Tuesday, August 10, 2010

CuMo: Questions, Answers and Dialogue

August 7 Forest Service Meeting
The following Q & A sessions and dialogues took place in an
informal conversation, during the Forest Service meeting at
the Garden Valley Community Hall last Saturday. Lead player was Shaun Dykes, of Vancouver, British Columbia, Exploration Manager of CuMo and Director of Mosquito Consolidated Gold Mines Limited.

Dykes: "We’re spending $100M to study this. It’s a nice mine—profitable. Getting the moly out is the easy part.—we process with water and a bit of diesel fuel... Boise Basin water is locked—to do something up there, we’ve got to get water rights. "( Otherwise, Payette?)
GVDN: The process is viable? Then permits, etc?
Dykes: "There are seven stages. We have one: The moly is there; it’s a nice-sized deposit. It’s low-cost producing—we keep going when the economy goes down. This is large scale—we have the ability to survive when the small guys fail."
GVDN: Any chemicals involved?
Dykes: “Some, but no large amounts of toxic chemicals. (?) It’s very clean. We crush it and use flotation. Moly is a natural fertilizer—check out the garden store—they have spray. Moly decays to become moly-sulfite. The reason it’s not used by farmers is, at $15 a pound, it’s expensive. We want to talk to Simplot—we’ve come up with potential, but still doing studies.
We will inherit the tailings from the gold mines up there. It’s a big area on the map—the actual area is a lot smaller...lots of this land we’re not interested in.We’ve done our studies on moly deposits.
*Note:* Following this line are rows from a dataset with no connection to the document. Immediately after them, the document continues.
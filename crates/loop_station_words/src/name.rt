// How a camera may be named.
ghost use Rattle.std.specs.Prelude.{◌≡◌};
ghost use Rattle.std.specs.Char.{is_ascii_digit};
ghost use Rattle.std.specs.List.{list_all};
ghost use Rattle.loop_station_words.specs.Names.{is_label, is_name, is_name_byte, named};

use std::marker::Model;

/// The most bytes of a camera's name.
pub const MAX_NAME: usize = 32;

/// A text that is part of a line: a camera's name, or the path that something is saved to. Contracts see its bytes.
#[derive(Drop)]
pub struct Name<'a> {
    text: &'a str,
}

impl<'a> Model for Name<'a> {
    ghost use Rattle.std.specs.Prelude.{ℕ, List};

    ghost Value = { List ℕ };

    ghost view = { λ name. name.text.now };
}

impl<'a> Name<'a> {
    /// A text, unchanged.
    pub(crate) fn of(text: &'a str) -> Self
        ensures { result ≡ text.now }
    {
        Name { text }
    }

    /// The text.
    pub fn text(&self) -> &'a str
        ensures { result.now ≡ self.now }
    {
        self.text
    }
}

/// Whether a camera may have this name: 1 to 32 letters, digits, `-` and `_`, not all of them digits.
pub fn is_name(word: &str) -> bool
    ensures { result ≡ is_name word.now }
{
    if word.is_empty() || word.len() > MAX_NAME {
        return false;
    }
    has_name_bytes(word) && !has_digits(word)
}

// Whether each byte may be part of a name.
fn has_name_bytes(word: &str) -> bool
    ensures { result ≡ list_all is_name_byte word.now }
{
    word.bytes().all(|byte| is_name_byte(byte))
}

// Whether each byte is a digit.
fn has_digits(word: &str) -> bool
    ensures { result ≡ list_all is_ascii_digit word.now }
{
    word.bytes().all(|byte| byte.is_ascii_digit())
}

// Whether a byte may be part of a name.
fn is_name_byte(byte: u8) -> bool
    ensures { result ≡ is_name_byte byte }
{
    byte.is_ascii_alphanumeric() || byte == b'-' || byte == b'_'
}

/// Whether an order may have this label: 1 to 32 letters, digits, `-` and `_`.
pub(crate) fn is_label(word: &str) -> bool
    ensures { result ≡ is_label word.now }
{
    if word.is_empty() || word.len() > MAX_NAME {
        return false;
    }
    has_name_bytes(word)
}

/// The name that a word is, if it is one.
pub fn named<'a>(word: &'a str) -> Option<Name<'a>>
    ensures { result ≡ named word.now }
{
    if is_name(word) {
        Some(Name::of(word))
    } else {
        None
    }
}
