// What a configuration that is read anew changes: words that can't change while cameras record, and cameras.

use crate::choices::AnswersForm;
use crate::config::{CameraConfig, Config, Source};
use std::alloc::{AllocError, Global};

/// How many words of the file there are that can't change while cameras record.
pub const SETTINGS: usize = 6;

/// The words of a configuration that can't change while cameras record: what they say is as it was at the start.
#[derive(Drop)]
pub struct Settings {
    orders: Option<String>,
    answers: Option<String>,
    answers_form: AnswersForm,
    saves: Option<String>,
    times: bool,
    events: bool,
}

impl Settings {
    /// Those of a configuration.
    pub fn of(alloc: Global, config: &Config) -> Result<Settings, AllocError> {
        Ok(Settings {
            orders: copy_of(alloc, &config.orders)?,
            answers: copy_of(alloc, &config.answers)?,
            answers_form: config.answers_form,
            saves: copy_of(alloc, &config.saves)?,
            times: config.times,
            events: config.events,
        })
    }

    /// The word at a place below `SETTINGS`, if another configuration says another thing there.
    pub fn changed(&self, config: &Config, place: usize) -> Option<&'static str> {
        let (word, is_same) = match place {
            0 => ("orders", are_alike(&self.orders, &config.orders)),
            1 => ("answers", are_alike(&self.answers, &config.answers)),
            2 => ("answers_form", self.answers_form == config.answers_form),
            3 => ("saves", are_alike(&self.saves, &config.saves)),
            4 => ("times", self.times == config.times),
            _ => ("events", self.events == config.events),
        };
        if is_same { None } else { Some(word) }
    }
}

impl CameraConfig {
    /// Whether another configuration says the same of the camera, word by word.
    pub fn has_words_of(&self, other: &CameraConfig) -> bool {
        let is_named = self.name.as_str() == other.name.as_str()
            && self.store.as_str() == other.store.as_str()
            && self.source.is_that(&other.source);
        let is_kept = self.seconds == other.seconds
            && self.after == other.after
            && self.tag == other.tag
            && self.when_full == other.when_full;
        let is_saved = are_alike(&self.save_to, &other.save_to) && self.release == other.release;
        is_named
            && is_kept
            && is_saved
            && self.room == other.room
            && self.buffers == other.buffers
            && self.memory == other.memory
            && self.times_from == other.times_from
            && self.losses == other.losses
    }
}

impl Source {
    /// Whether it is the same one.
    pub fn is_that(&self, other: &Source) -> bool {
        match (self, other) {
            (Source::Pattern(shape), Source::Pattern(wanted)) => shape == wanted,
            (Source::Path(path), Source::Path(wanted)) => path.as_str() == wanted.as_str(),
            _ => false,
        }
    }
}

// Whether two texts are the same, or neither is there.
fn are_alike(text: &Option<String>, other: &Option<String>) -> bool {
    match (text, other) {
        (Some(text), Some(other)) => text.as_str() == other.as_str(),
        (None, None) => true,
        _ => false,
    }
}

// A copy of a text, if there is one.
fn copy_of(alloc: Global, text: &Option<String>) -> Result<Option<String>, AllocError> {
    match text {
        Some(text) => Ok(Some(String::from_str(alloc, text.as_str())?)),
        None => Ok(None),
    }
}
As we migrate out, we lose moly, we pick up copper—we ask, will it be worth it to migrate out where we’ll pick up more sulfite. It may not be worth it. We’d rather keep the area clean.
"Moly’s a very nice metal—not much copper sulfite. It can recover from the flotation process.
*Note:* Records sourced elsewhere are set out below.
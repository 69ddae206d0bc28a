// Orders: the lines that ask for something. docs/station.md says why it is so.
ghost use Rattle.std.specs.Prelude.{◌≡◌, option_map};
ghost use Rattle.loop_station_words.specs.Cuts.{cut};
ghost use Rattle.loop_station_words.specs.Orders.{after_said, after_seconds, alone_said, between_of, cancel_of, cancel_said, event_said, first_word, from_said, keep_of, keep_said, label_said, order_said, plain_said, release_of, release_said, said_number, save_event_of, save_of, save_said, tagged, timed_said, times_in, times_kept, times_said, to_cut};

use crate::cut::cut;
use crate::name::{Name, is_label, named};
use crate::time::read_time;
use loop_script::number::number;
use loop_script::small_number;

/// What a line asks for.
#[derive(Drop)]
pub enum Order<'a> {
    /// `keep [CAMERA] [SECONDS] [+AFTER] [TAG]`: the frames of the last seconds are locked, and those of the AFTER
    /// seconds to come, of one camera or of all. What is left out is the camera's own. A TAG has seconds or an AFTER
    /// before it.
    Keep {
        camera: Option<Name<'a>>,
        seconds: Option<u32>,
        after: Option<u32>,
        tag: Option<u64>,
    },
    /// `keep [CAMERA] from T to T [TAG]`: the frames of that time, in microseconds since 1970, are locked. It may end
    /// after the order.
    KeepBetween {
        camera: Option<Name<'a>>,
        since: u64,
        until: u64,
        tag: Option<u64>,
    },
    /// `release CAMERA ID [FIRST]`: the clip of that id is unlocked, where a FIRST is given only if the clip begins
    /// with the frame of that number.
    Release {
        camera: Name<'a>,
        id: u32,
        first: Option<u64>,
    },
    /// `list`: what each camera's store holds.
    List,
    /// `save CAMERA ID OUT`: the clip's frames are written to a file. OUT is everything after the third space, and may
    /// have spaces. `save! CAMERA ID OUT` replaces a file that exists.
    Save {
        camera: Name<'a>,
        id: u32,
        out: Name<'a>,
        replace: bool,
    },
    /// `save CAMERA #TAG OUT`: the frames of all clips of the camera that have the tag, in whichever of its stores they
    /// lie, are written to a file as one text, in the order of their times. An event's number is the tag of its clips,
    /// unless they were given another. `save! CAMERA #TAG OUT` replaces a file that exists.
    SaveEvent {
        camera: Name<'a>,
        tag: u64,
        out: Name<'a>,
        replace: bool,
    },
    /// `cancel CAMERA ID`: the save of the clip of that id ends.
    Cancel {
        camera: Name<'a>,
        id: u32,
    },
    /// `status`: the status of each camera.
    Status,
    /// `reload`: the configuration is read anew.
    Reload,
    /// `help`: what may be asked for.
    Help,
    /// `stop`: the program ends.
    Stop,
}

// How long a keep is, before and after its order, in seconds, and its tag: each where it is given.
struct KeepTimes {
    seconds: Option<u32>,
    after: Option<u32>,
    tag: Option<u64>,
}

/// The label of a line that begins with `@LABEL `, and the rest of the line.
#[tactic(auto, unfolding(crate::specs::Orders::label_said))]
pub fn label_of<'a>(line: &'a str) -> Option<(Name<'a>, Name<'a>)>
    ensures { result ≡ label_said line.now }
{
    match cut(line, '@') {
        Some((before, after)) if before.is_empty() => match cut(after, ' ') {
            Some((label, rest)) if is_label(label) => Some((Name::of(label), Name::of(rest))),
            _ => None,
        },
        _ => None,
    }
}

/// What a line, without its 0x0A and its label, asks for; `None` where it can't be read.
pub fn read_order<'a>(line: &'a str) -> Option<Order<'a>>
    ensures { result ≡ order_said line.now }
{
    match read_timed(line) {
        Some(order) => Some(order),
        None => read_plain(line),
    }
}

// What a line with times of day asks for.
#[tactic(auto, unfolding(crate::specs::Orders::timed_said))]
fn read_timed<'a>(line: &'a str) -> Option<Order<'a>>
    ensures { result ≡ timed_said line.now }
{
    match cut(line, ' ') {
        Some((word, rest)) if word == "keep" => read_times_kept(rest),
        _ => None,
    }
}

// What follows `keep `: `from T to T`, with or without a camera before it.
#[tactic(auto, unfolding(crate::specs::Orders::times_kept))]
fn read_times_kept<'a>(text: &'a str) -> Option<Order<'a>>
    ensures { result ≡ times_kept text.now }
{
    match read_from(None, text) {
        Some(order) => Some(order),
        None => match cut(text, ' ') {
            None => None,
            Some((first, rest)) => match named(first) {
                None => None,
                Some(camera) => read_from(Some(camera), rest),
            },
        },
    }
}

// `from T to T`, and a tag.
#[tactic(auto, unfolding(crate::specs::Orders::from_said))]
fn read_from<'a>(camera: Option<Name<'a>>, text: &str) -> Option<Order<'a>>
    ensures { result ≡ from_said camera.entry text.now }
{
    match cut(text, ' ') {
        Some((word, rest)) if word == "from" => match cut(rest, ' ') {
            None => None,
            Some((since, rest)) => read_to(camera, read_time(since), rest),
        },
        _ => None,
    }
}

// `to T`, and a tag.
fn read_to<'a>(camera: Option<Name<'a>>, since: Option<u64>, text: &str) -> Option<Order<'a>>
    ensures { result ≡ to_cut camera.entry since (cut 32 text.now) }
{
    match cut(text, ' ') {
        Some((word, rest)) if word == "to" => match cut(rest, ' ') {
            None => between_of(camera, since, read_time(rest), Some(None)),
            Some((until, tag)) => between_of(
                camera,
                since,
                read_time(until),
                said_number(number(tag)),
            ),
        },
        _ => None,
    }
}

// A tag, where there is a number.
fn said_number(number: Option<u64>) -> Option<Option<u64>>
    ensures { result ≡ said_number number }
{
    Some(Some(number?))
}

// The keep of what was held from one time to another.
fn between_of<'a>(
    camera: Option<Name<'a>>,
    since: Option<u64>,
    until: Option<u64>,
    tag: Option<Option<u64>>,
) -> Option<Order<'a>>
    ensures { result ≡ between_of camera.entry since until tag }
{
    let (since, until, tag) = (since?, until?, tag?);
    if since > until {
        return None;
    }
    Some(Order::KeepBetween {
        camera,
        since,
        until,
        tag,
    })
}

// What a line without times of day asks for.
#[tactic(auto, unfolding(crate::specs::Orders::plain_said))]
fn read_plain<'a>(line: &'a str) -> Option<Order<'a>>
    ensures { result ≡ plain_said line.now }
{
    match cut(line, ' ') {
        None => read_alone(line),
        Some((word, rest)) if word == "keep" => read_keep(rest),
        Some((word, rest)) if word == "release" => read_release(rest),
        Some((word, rest)) if word == "save" => read_save(rest, false),
        Some((word, rest)) if word == "save!" => read_save(rest, true),
        Some((word, rest)) if word == "cancel" => read_cancel(rest),
        Some(_) => None,
    }
}

// What a word alone asks for.
fn read_alone<'a>(word: &str) -> Option<Order<'a>>
    ensures { result ≡ alone_said word.now }
{
    match word {
        "keep" => keep_of(None, read_times(None)),
        "help" => Some(Order::Help),
        "list" => Some(Order::List),
        "reload" => Some(Order::Reload),
        "status" => Some(Order::Status),
        "stop" => Some(Order::Stop),
        _ => None,
    }
}

// What follows `keep `.
#[tactic(auto, unfolding(crate::specs::Orders::keep_said))]
fn read_keep<'a>(text: &'a str) -> Option<Order<'a>>
    ensures { result ≡ keep_said text.now }
{
    let (first, rest) = first_word(text);
    match named(first) {
        None => keep_of(None, read_times(Some(text))),
        Some(camera) => keep_of(Some(camera), read_times(rest)),
    }
}

// A keep of a camera, or of all, with such times.
fn keep_of<'a>(camera: Option<Name<'a>>, times: Option<KeepTimes>) -> Option<Order<'a>>
    ensures { result ≡ keep_of camera.entry times }
{
    let KeepTimes {
        seconds,
        after,
        tag,
    } = times?;
    Some(Order::Keep {
        camera,
        seconds,
        after,
        tag,
    })
}

// The times and the tag in a text, if there is one.
#[tactic(auto, unfolding(crate::specs::Orders::times_in))]
fn read_times(text: Option<&str>) -> Option<KeepTimes>
    ensures { result ≡ times_said (option_map (λ t. t.now) text.entry) }
{
    let text = match text {
        None => return tagged(None, None, None),
        Some(text) => text,
    };
    let (first, rest) = first_word(text);
    match read_after(first) {
        Some(after) => tagged(None, Some(after), rest),
        None => read_seconds(small_number(first), rest),
    }
}

// What follows the seconds, where there are any.
#[tactic(auto, unfolding(crate::specs::Orders::after_seconds))]
fn read_seconds(seconds: Option<u32>, text: Option<&str>) -> Option<KeepTimes>
    ensures { result ≡ after_seconds seconds (option_map (λ t. t.now) text.entry) }
{
    let seconds = Some(seconds?);
    let text = match text {
        None => return tagged(seconds, None, None),
        Some(text) => text,
    };
    let (first, rest) = first_word(text);
    match read_after(first) {
        Some(after) => tagged(seconds, Some(after), rest),
        None => tagged(seconds, None, Some(text)),
    }
}

// The times, and the tag in a text, if there is one.
fn tagged(seconds: Option<u32>, after: Option<u32>, text: Option<&str>) -> Option<KeepTimes>
    ensures { result ≡ tagged seconds after (option_map (λ t. t.now) text.entry) }
{
    let tag = match text {
        None => None,
        Some(text) => Some(number(text)?),
    };
    Some(KeepTimes {
        seconds,
        after,
        tag,
    })
}

// The seconds after the order, which a word such as `+10` says.
#[tactic(auto, unfolding(crate::specs::Orders::after_said))]
fn read_after(word: &str) -> Option<u32>
    ensures { result ≡ after_said word.now }
{
    match cut(word, '+') {
        Some((before, digits)) if before.is_empty() => small_number(digits),
        _ => None,
    }
}

// What follows `release `.
#[tactic(auto, unfolding(crate::specs::Orders::release_said))]
fn read_release<'a>(text: &'a str) -> Option<Order<'a>>
    ensures { result ≡ release_said text.now }
{
    match cut(text, ' ') {
        None => None,
        Some((camera, rest)) => match cut(rest, ' ') {
            None => release_of(named(camera), small_number(rest), Some(None)),
            Some((id, first)) => release_of(
                named(camera),
                small_number(id),
                said_number(number(first)),
            ),
        },
    }
}

// The release of a camera's clip, where there are both.
fn release_of<'a>(
    camera: Option<Name<'a>>,
    id: Option<u32>,
    first: Option<Option<u64>>,
) -> Option<Order<'a>>
    ensures { result ≡ release_of camera.entry id first }
{
    Some(Order::Release {
        camera: camera?,
        id: id?,
        first: first?,
    })
}

// What follows `cancel `.
#[tactic(auto, unfolding(crate::specs::Orders::cancel_said))]
fn read_cancel<'a>(text: &'a str) -> Option<Order<'a>>
    ensures { result ≡ cancel_said text.now }
{
    match cut(text, ' ') {
        None => None,
        Some((camera, id)) => cancel_of(named(camera), small_number(id)),
    }
}

// The end of the save of a camera's clip, where there are both.
fn cancel_of<'a>(camera: Option<Name<'a>>, id: Option<u32>) -> Option<Order<'a>>
    ensures { result ≡ cancel_of camera.entry id }
{
    Some(Order::Cancel {
        camera: camera?,
        id: id?,
    })
}

// What follows `save ` or `save! `.
#[tactic(auto, unfolding(crate::specs::Orders::save_said))]
fn read_save<'a>(text: &'a str, replace: bool) -> Option<Order<'a>>
    ensures { result ≡ save_said replace text.now }
{
    match cut(text, ' ') {
        None => None,
        Some((camera, rest)) => match cut(rest, ' ') {
            None => None,
            Some((clips, out)) => match read_event(clips) {
                Some(tag) => save_event_of(replace, named(camera), tag, out),
                None => save_of(replace, named(camera), small_number(clips), out),
            },
        },
    }
}

// The tag of an event's clips, which a word such as `#7` says.
#[tactic(auto, unfolding(crate::specs::Orders::event_said))]
fn read_event(word: &str) -> Option<u64>
    ensures { result ≡ event_said word.now }
{
    match cut(word, '#') {
        Some((before, digits)) if before.is_empty() => number(digits),
        _ => None,
    }
}

// The save of all clips of a camera that have a tag, where there is a camera, and a path that isn't empty.
fn save_event_of<'a>(
    replace: bool,
    camera: Option<Name<'a>>,
    tag: u64,
    out: &'a str,
) -> Option<Order<'a>>
    ensures { result ≡ save_event_of replace camera.entry tag out.now }
{
    if out.is_empty() {
        return None;
    }
    Some(Order::SaveEvent {
        camera: camera?,
        tag,
        out: Name::of(out),
        replace,
    })
}

// The save of a camera's clip, where there are both, and a path that isn't empty.
fn save_of<'a>(
    replace: bool,
    camera: Option<Name<'a>>,
    id: Option<u32>,
    out: &'a str,
) -> Option<Order<'a>>
    ensures { result ≡ save_of replace camera.entry id out.now }
{
    if out.is_empty() {
        return None;
    }
    Some(Order::Save {
        camera: camera?,
        id: id?,
        out: Name::of(out),
        replace,
    })
}

// The first word, and what follows the space that ends it.
#[tactic(auto, unfolding(crate::specs::Orders::first_word))]
fn first_word<'a>(text: &'a str) -> (&'a str, Option<&'a str>)
    ensures { first_word text.now ≡ (result.0.now, option_map (λ t. t.now) result.1) }
{
    match cut(text, ' ') {
        Some((word, rest)) => (word, Some(rest)),
        None => (text, None),
    }
}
In order for us to put up vast amounts of money, we inherit part of the puzzle.
Mining has been dragged into the 21st C. Environmentalists and shareholders insist we do it right. On the first day, I said, 'How do we get it out of here?'"
GVDN: How are you going to take the materials out?
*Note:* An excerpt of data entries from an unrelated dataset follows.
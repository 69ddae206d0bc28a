// Days of the calendar, and civil times: a day with its time of day.
ghost use Rattle.std.specs.Prelude.{◌≡◌, ◌+◌, ◌-◌, ◌*◌, ◌^◌, ◌<◌, ◌≤◌, ◌/◌};
ghost use Rattle.loop_station_words.specs.Calendar.{IsCivilTimeOf, days_to_month, days_to_year, is_leap, month_length, year_length};

// The year that time is counted from.
const FIRST_YEAR: u64 = 1970;

// The months of a year.
const MONTHS: u64 = 12;

/// A date and time of day in UTC.
#[derive(Clone, Copy, Debug, PartialEq, Eq)]
pub struct CivilTime {
    /// The year, from 1970.
    pub year: u64,
    /// The month, from 1.
    pub month: u64,
    /// The day of the month, from 1.
    pub day: u64,
    /// The hour, up to 23.
    pub hour: u64,
    /// The minute, up to 59.
    pub minute: u64,
    /// The second, up to 59.
    pub second: u64,
    /// The microsecond, up to 999,999.
    pub micro: u64,
}

/// The date and time of day of a time in microseconds since 1970.
pub fn civil_time_of(micros: u64) -> CivilTime
    ensures { IsCivilTimeOf micros result }
{
    let seconds = micros / 1_000_000;
    let minutes = seconds / 60;
    let hours = minutes / 60;
    let (year, day) = year_of(hours / 24);
    let (month, day) = month_of(year, day);
    CivilTime {
        year,
        month: month + 1,
        day: day + 1,
        hour: hours % 24,
        minute: minutes % 60,
        second: seconds % 60,
        micro: micros % 1_000_000,
    }
}

// The year of a day, counted from the first day of 1970, and the day in that year, from 0.
fn year_of(day: u64) -> (u64, u64)
    requires { day < 2 ^ 48 }
    ensures since { 1970 ≤ result.0 }
    ensures few { result.0 ≤ 1970 + day }
    ensures within { result.1 < year_length result.0 }
    ensures sum { days_to_year (result.0 - 1970) + result.1 ≡ day }
{
    let mut years = 0;
    let mut left = day;
    'years: while left >= year_length(FIRST_YEAR + years) {
        left -= year_length(FIRST_YEAR + years);
        years += 1;
    }
    (FIRST_YEAR + years, left)
}

// The month of a day of a year, and the day in that month, both from 0.
fn month_of(year: u64, day: u64) -> (u64, u64)
    requires { day < year_length year }
    ensures month { result.0 < 12 }
    ensures within { result.1 < month_length year result.0 }
    ensures sum { days_to_month year result.0 + result.1 ≡ day }
{
    let mut left = day;
    'months: for month in 0..MONTHS {
        let days = month_length(year, month);
        if left < days {
            return (month, left);
        }
        left -= days;
    }
    unreachable!()
}

// Whether a year has 366 days.
#[tactic(auto, unfolding(crate::specs::Calendar::is_leap))]
fn is_leap(year: u64) -> bool
    ensures { result ≡ is_leap year }
{
    year % 4 == 0 && (year % 100 != 0 || year % 400 == 0)
}

// The days of a year.
fn year_length(year: u64) -> u64
    ensures { result ≡ year_length year }
{
    if is_leap(year) { 366 } else { 365 }
}

/// The days of a month; January is 0.
pub(crate) fn month_length(year: u64, month: u64) -> u64
    ensures { result ≡ month_length year month }
{
    match month {
        1 => { if is_leap(year) { 29 } else { 28 } }
        3 | 5 | 8 | 10 => 30,
        _ => 31,
    }
}

/// The days from 1970 up to the beginning of a year.
pub(crate) fn days_before(year: u64) -> u64
    requires since { 1970 ≤ year }
    requires until { year < 10000 }
    ensures days { result ≡ days_to_year (year - 1970) }
    ensures few { result ≤ (year - 1970) * 366 }
{
    let mut days = 0;
    'years: for years in 0..year - FIRST_YEAR {
        days += year_length(FIRST_YEAR + years);
    }
    days
}

/// The days of a year before a month.
pub(crate) fn days_before_month(year: u64, month: u64) -> u64
    requires { month < 12 }
    ensures days { result ≡ days_to_month year month }
    ensures few { result ≤ month * 31 }
{
    let mut days = 0;
    'months: for earlier in 0..month {
        days += month_length(year, earlier);
    }
    days
}
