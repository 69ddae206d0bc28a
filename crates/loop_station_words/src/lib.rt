//! The words of a program that records from several cameras into stores, and takes orders meanwhile.
//!
//! - `order` reads what a line asks for, `name` says how a camera may be named, and `cut` cuts a text at a character;
//!   `laws` has lines and their meanings, as rows of a table;
//! - `time` reads a date and time of day, and `calendar` gives those of a time in microseconds since 1970;
//! - `ring` chooses how many segments and slots a store has, for so many frames or within so many bytes, and `sets`
//!   how many stores a camera has where one isn't enough; `room` for what the configuration asks, how much of a store
//!   is free, and how many frames may wait before it;
//! - `config` reads the configuration file, which says which cameras there are. `fields` reads the value at a key
//!   there, `choices` has what such a value chooses, `rule` reads what is done where every block is locked, `shape` what
//!   the pattern's frames look like, `key` names the known key that is nearest to an unknown one, and `fault` says what
//!   is wrong with that file; `settings` compares what two such files say;
//! - `lines` has the lines of the program's output, as text and as JSON, each of parts (`part`); `answers` has the
//!   status of a camera, what a line begins with, and what the file of a clip is called.
//!
//! What a line asks for, which time a text means, which ring is chosen, how much of a store is free, and what a
//! configuration says at each of its keys is proved (`specs/`). So is that its cameras have names and stores of their
//! own. Why a file is refused, and what is printed, is tested.
//!
//! docs/station.md says why it is so.
#![tactic(auto)]

mod answers;
mod calendar;
mod choices;
mod config;
mod cut;
mod fault;
mod fields;
mod files;
mod key;
pub mod laws;
mod lines;
mod name;
mod order;
mod part;
mod ring;
mod room;
mod rule;
mod sets;
mod settings;
mod shape;
mod time;

pub use answers::{CameraStatus, StoresStatus, print_clip_path};
pub use calendar::{CivilTime, civil_time_of};
pub use choices::{AnswersForm, LossesFrom, MemoryLimit, StoreSize, TimesFrom, WhenFull};
pub use config::{CameraConfig, Config, MAX_CAMERAS, Source, read_config};
pub use fault::{CameraFault, ConfigFault};
pub use files::{number_of, numbered};
pub use key::UnknownKey;
pub use lines::Lines;
pub use name::{Name, is_name};
pub use order::{Order, label_of, read_order};
pub use ring::{RingSize, frames_in, ring_for, ring_within};
pub use room::{
    NoRing, asked_set, asked_stores, duration_of, frames_before, free_blocks, held_of_asked,
    newest_block, size_of,
};
pub use sets::{MAX_STORES, SetSize, set_for, set_within, stores_for, stores_within};
pub use settings::{SETTINGS, Settings};
pub use shape::{FrameShape, read_shape};
pub use time::read_time;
Dykes: "I don’t know yet...we have three ways to go: Highway 21, Highway 17 through Garden Valley or Grimes Creek Road, through HSB, down 55. We’ve got to figure that out." (CuMo remarks that the HSB road will be significantly better, due to winding canyon roads and the transportation along the Boise river corridor.)
GVDN: They say you’re going to take the whole mountain down—that’s a lot of trucks!
Dykes: "Phase 2 takes us to pre-feasibility; that $100M permit takes us to feasibility.
Next part, we’ll need more exploration or say it’s not quite right. We look at feasibility, site selection, concerns, how to integrate in."
GVDN: What agencies do you have to deal with?
Dykes: "Agencies involved? About 100. Forest Service, EPA, County, my binders for permits, etc., just for the government, are 2’ high. "
GVDN: What about reclamation of the land after it’s all over? I understand you plan to reclaim the temporary roads as you go along.
Dykes: "Any mine unit is going to get ugly—but a small area. Only one or two places you can see. Over time, the waste dump will get reclaimed—reclaimed areas in other places now have bison, buffalo feeding. (Nevada and British Columbia have reclaimed tailings ponds; bison and cattle feed on the rich vegetation.)
"Amazon jungle is rich—moly-rich soil --it fixes the nitrogen in. There is a bit of moly left in tailings. From our analysis, there is nothing in them...granite, iron, copper, carbonate-rich..unlike Thompson Creek. The carbonate neutralizes the small amount of pyrite." (The pyrite content in the rock at Thompson Creek Mine is several times higher than CuMo, resulting in acidic pit waters. Studies, so far, have shown CuMo has low pyrite content.)
GVDN: What’s in it for us?
Dykes: "Taxes!! Salaries—payroll—look at our economic analysis--$3-4-500M in taxes.
In modern mining... there are pits in AZ, they set up truck-driving school; locals can apply and train. They then have a guaranteed job at the mine. We try to use local resources. It is to our advantage to hire helpers to train. Drillers, truck drivers, we have a hard time supplying work force—it’s one of our biggest problems. Also, we work with “First Natives” work force."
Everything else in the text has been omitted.